Northeast teacher Meg Burke to the school board: My salary is “barely survivable.” I need “side hustles.”

“ICSD is located in an Ivy League town,” Burke observed, reading from the union’s script.  “Tompkins County has one of the highest median incomes in upstate New York.  ICSD administrators are paid above the New York State average. This is a community that appears affluent by every measure except when it comes to retaining teachers.”

“If these are some of our most valuable educators, I just wonder what direction we can go to pay people what they’re worth,” Erin Croyle later questioned.

But then, again, what would happen if whatever budget the Board of Education hands up gets rejected at the polls this May similar to what happened last year?   Board President Eversley-Bradwell wants a back-up plan.  The president asked administrators to draw us a bare-bones “Contingency Budget” just in case.

Buses, budgets and teacher pay aside, what may carry the longest-lasting impact on Ithaca’s students came almost matter-of-fact, sandwiched between money items at an all-too-busy monthly meeting.  Without discussion, the board elevated three-decade Ithaca teacher and administrator Caren Arnold to become the new Principal at Ithaca High School.

Humbly accepting her appointment, newly-named IHS Principal Caren Arnold: “I have really big shoes to fill’

Arnold first joined the district as a teacher in 1993.  She currently serves as principal at Caroline Elementary.  Effective June 15th, Arnold will transfer to IHS, succeeding the retiring Jason Trumble, who’d served as IHS Principal since 2015.

Superintendent Luvelle Brown commended Arnold as “the best teacher I’ve ever seen; the most loving person I’ve ever seen.”
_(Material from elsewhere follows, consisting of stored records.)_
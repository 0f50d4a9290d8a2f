//! The memory that dialogues leave to others, and how one leaves its own.

ghost use Rattle.std.specs.Prelude.{◌≡◌, ◌<◌, ◌≤◌, ◌↔◌, [], ℕ, true, IsTrue, vec_len, vec_capacity};
ghost use Rattle.tcap_dialogue.specs.RejectRoom.{FindRejectRoom, HasRejectRoom, IsBare};
ghost use Rattle.tcap_invocation.specs.Invocations.{AllBelow};
ghost use Rattle.tcap_invocation.specs.Stage.{moment_limit};
ghost use Rattle.tcap_model.specs.Table.Dialogue.{with_queue};
ghost use Rattle.tcap_primitives.specs.QueueViews.{queue_view};

use super::Dialogue;
use std::alloc::{Allocator, Global};
use std::mem;
use tcap_component::MAX_REJECT;
use tcap_invocation::Invocations;
use tcap_primitives::Queue;

/// So many queues are kept at most, and so many lists of invocations.
const MOST_KEPT: usize = 16;

/// The greatest queue that is kept, in octets.
const MOST_OCTETS: usize = 1_024;

/// Its most components.
const MOST_PARTS: usize = 16;

/// The most invocations of a list that is kept.
const MOST_INVOCATIONS: usize = 4;

/// The memory that dialogues left to others: of queues that are empty, and of the lists of invocations of those that
/// are over, 16 of each at most, and none that is large. A dialogue takes it with a component, in place of memory of
/// its own (our own).
// A queue is mostly empty: so few serve all dialogues, and stay in the processor's cache. What is in it says nothing:
// who takes it clears it first. No `Debug`, which would print the octets of other dialogues.
// What is lent and kept at each request is inlined into it: a few instructions, of which a call of its own would take
// fifteen more.
#[derive(Drop)]
pub struct Spares<A: Allocator + Copy = Global> {
    queues: Vec<Queue<A>, A>,
    lists: Vec<Invocations<A>, A>,
}

impl<A: Allocator + Copy> Spares<A> {
    /// No memory.
    #[inline(always)]
    pub fn new(alloc: A) -> Spares<A> {
        Spares {
            queues: Vec::new(alloc),
            lists: Vec::new(alloc),
        }
    }

    /// Whether a queue has neither components nor memory for them, and what would be lent to it has room for so many
    /// Rejects.
    #[inline(always)]
    pub(crate) fn can_lend(&self, queue: &Queue<A>, count: usize) -> bool
        ensures { result ≡ true → FindRejectRoom self.now queue.now count }
    {
        if !is_bare(queue) {
            return false;
        }
        let Some(last) = self.queues.last() else {
            return false;
        };
        count.saturating_mul(MAX_REJECT) <= last.octets.capacity() && count <= last.parts.capacity()
    }

    /// Lends the memory that another queue left to one that has none. It takes no memory.
    #[inline(always)]
    pub(crate) fn lend_queue(&mut self, queue: &mut Queue<A>)
        ensures same { queue_view queue.new ≡ queue_view queue.old }
        ensures room { (count : ℕ) → FindRejectRoom self.old queue.old count → HasRejectRoom queue.new count }
    {
        if !is_bare(queue) {
            return;
        }
        if let Some(found) = self.queues.pop() {
            // What stood there has no memory to give back: to look for it took 4 to 18 instructions a step.
            mem::forget(mem::replace(queue, found));
            queue.clear();
        }
    }

    /// Lends the memory of another list of invocations to one that has none, whose wait is `reject_ms`. It takes no
    /// memory.
    #[tactic(auto, using(crate::proofs::SpareLemmas::emptied))]
    #[inline(always)]
    pub(crate) fn lend_list(&mut self, list: &mut Invocations<A>, reject_ms: u64)
        requires limited { reject_ms ≤ moment_limit }
        requires wait { list.old.reject_ms ≡ reject_ms }
        ensures { list.new ≡ list.old }
    {
        if list.capacity() > 0 || !list.is_above_all(0) {
            return;
        }
        if let Some(found) = self.lists.pop() {
            *list = found;
            list.renew(reject_ms);
        }
    }

    /// Makes the places for what is kept, once, where memory for them is given.
    #[inline(always)]
    pub(crate) fn make_places(&mut self) {
        if self.queues.capacity() == 0 || self.lists.capacity() == 0 {
            self.reserve_places();
        }
    }

    /// `make_places`, where there are none.
    #[inline(never)]
    fn reserve_places(&mut self) {
        let _ = self.queues.reserve_exact(MOST_KEPT);
        let _ = self.lists.reserve_exact(MOST_KEPT);
    }

    /// Keeps the memory of a queue that is empty, or that nobody reads any more, where it is small and there is a
    /// place for it; else gives the memory back. It takes none.
    #[inline(always)]
    pub(crate) fn keep_queue(&mut self, queue: &mut Queue<A>)
        ensures { queue_view queue.new ≡ [] }
    {
        let alloc = *queue.octets.allocator();
        let empty = Queue {
            octets: Vec::new(alloc),
            parts: Vec::new(alloc),
        };
        if has_place(&self.queues) && is_small(queue) {
            self.queues.push_reserved(mem::replace(queue, empty));
        } else {
            free_queue(mem::replace(queue, empty));
        }
    }

    /// Keeps the memory of a list of invocations, where it has some and is small and there is a place; an empty list
    /// of this wait takes its place. It takes no memory.
    #[tactic(auto, using(crate::proofs::SpareLemmas::emptied))]
    #[inline(always)]
    pub(crate) fn keep_list(&mut self, list: &mut Invocations<A>, reject_ms: u64)
        requires limited { reject_ms ≤ moment_limit }
        ensures { AllBelow 0 list.old.rows → list.old.reject_ms ≡ reject_ms → list.new ≡ list.old }
    {
        let room = list.capacity();
        if room == 0 || room > MOST_INVOCATIONS || !has_place(&self.lists) {
            return;
        }
        let empty = Invocations::new(*self.lists.allocator(), reject_ms);
        self.lists.push_reserved(mem::replace(list, empty));
    }
}

/// The memory of a queue is freed.
// It is rare, and kept out of what each request runs through.
#[inline(never)]
fn free_queue<A: Allocator + Copy>(_queue: Queue<A>) {}

/// Whether a queue has neither components nor memory for them.
#[inline(always)]
fn is_bare<A: Allocator + Copy>(queue: &Queue<A>) -> bool
    ensures { IsTrue result ↔ IsBare queue.now }
{
    queue.octets.capacity() == 0 && queue.parts.capacity() == 0
}

/// Whether a queue is none that is large.
#[inline(always)]
fn is_small<A: Allocator + Copy>(queue: &Queue<A>) -> bool {
    queue.octets.capacity() <= MOST_OCTETS && queue.parts.capacity() <= MOST_PARTS
}

/// Whether there is a place for one more.
#[inline(always)]
fn has_place<T, A: Allocator + Copy>(places: &Vec<T, A>) -> bool
    ensures { result ≡ true → vec_len places.now < vec_capacity places.now }
{
    places.len() < places.capacity()
}

impl<A: Allocator + Copy> Dialogue<A> {
    /// Leaves the memory of the queue to others, where it is empty. It takes none.
    #[inline(always)]
    pub(super) fn leave_queue(&mut self, spares: &mut Spares<A>)
        ensures { self.new ≡ self.old }
    {
        if self.queue.octets.capacity() > 0 && self.queue.parts.is_empty() {
            spares.keep_queue(&mut self.queue);
        }
    }

    /// Its empty queue becomes this one, of the Rejects that answer the Begin which creates it; where there are none,
    /// the memory of that one is left to others. It takes none.
    #[inline(always)]
    pub(super) fn take_queue(&mut self, spares: &mut Spares<A>, queue: &mut Queue<A>)
        requires { self.old.standing.queue ≡ [] }
        ensures dialogue { self.new ≡ with_queue self.old (queue_view queue.old) }
        ensures queue { queue_view queue.new ≡ [] }
    {
        if !queue.parts.is_empty() {
            mem::swap(&mut self.queue, queue);
        } else if queue.octets.capacity() > 0 {
            spares.keep_queue(queue);
        }
    }

    /// Leaves its memory to those that come: it is over, and not to be used any more.
    pub fn leave_memory(&mut self, spares: &mut Spares<A>)
        ensures { self.new.standing.identifier ≡ self.old.standing.identifier }
    {
        if self.queue.octets.capacity() > 0 || self.invocations.capacity() > 0 {
            spares.make_places();
        }
        if self.queue.octets.capacity() > 0 {
            spares.keep_queue(&mut self.queue);
        }
        spares.keep_list(&mut self.invocations, 0);
    }

    /// Takes a queue for a component.
    #[inline(always)]
    pub(super) fn borrow_queue(&mut self, spares: &mut Spares<A>)
        ensures { self.new ≡ self.old }
    {
        spares.lend_queue(&mut self.queue);
    }

    /// Takes what an Invoke needs: a queue and a list of invocations.
    #[inline(always)]
    pub(super) fn borrow_for_invoke(&mut self, spares: &mut Spares<A>, reject_ms: u64)
        requires wait { self.old.invocations.reject_ms ≡ reject_ms }
        requires limited { reject_ms ≤ moment_limit }
        ensures { self.new ≡ self.old }
    {
        spares.lend_queue(&mut self.queue);
        spares.lend_list(&mut self.invocations, reject_ms);
    }

    /// Gives back what was taken for a request that is refused: an empty queue, and of an Invoke an empty list.
    #[inline(never)]
    pub(super) fn give_back(&mut self, spares: &mut Spares<A>, reject_ms: u64, is_invoke: bool)
        requires wait { self.old.invocations.reject_ms ≡ reject_ms }
        requires limited { reject_ms ≤ moment_limit }
        ensures { self.new ≡ self.old }
    {
        self.leave_queue(spares);
        if is_invoke && self.invocations.is_above_all(0) {
            spares.keep_list(&mut self.invocations, reject_ms);
        }
    }

    /// Leaves the memory of an empty queue to others, after a request; after a Begin or a Continue it makes places for
    /// what is left first.
    #[inline(always)]
    pub(super) fn leave_empty_queue(&mut self, spares: &mut Spares<A>, makes_places: bool)
        ensures { self.new ≡ self.old }
    {
        if makes_places {
            spares.make_places();
        }
        self.leave_queue(spares);
    }
}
“Caroline Elementary is thriving because of her leadership,” Brown said of Arnold.  “And she knew that we needed somebody at the High School, and she stood up and said, ‘Send me.’”

“Thank you for your support, Caren Arnold responded from the visitor’s gallery at York Lecture Hall.  “I have really big shoes to fill.”

“I hope to show that we can all work together,” the High School’s principal-designee commented. “We have an opportunity to really bring our community together.”

Most recently, Vice Principal Martha Hardesty has overseen Ithaca High while Trumble has been on leave.

Superintendent Brown took the moment to commend departing principal Trumble as well.

“He has a High School he can say he served as Principal of for a decade that has been recognized as one of the best high schools in the nation,” Brown remarked.  “The hardest job in this community… is being Principal in the High School,” the Superintendent asserted.  And of Trumble:   “I know what the toughest job is.  And I know how long he works.  And he did it well, and I love him.”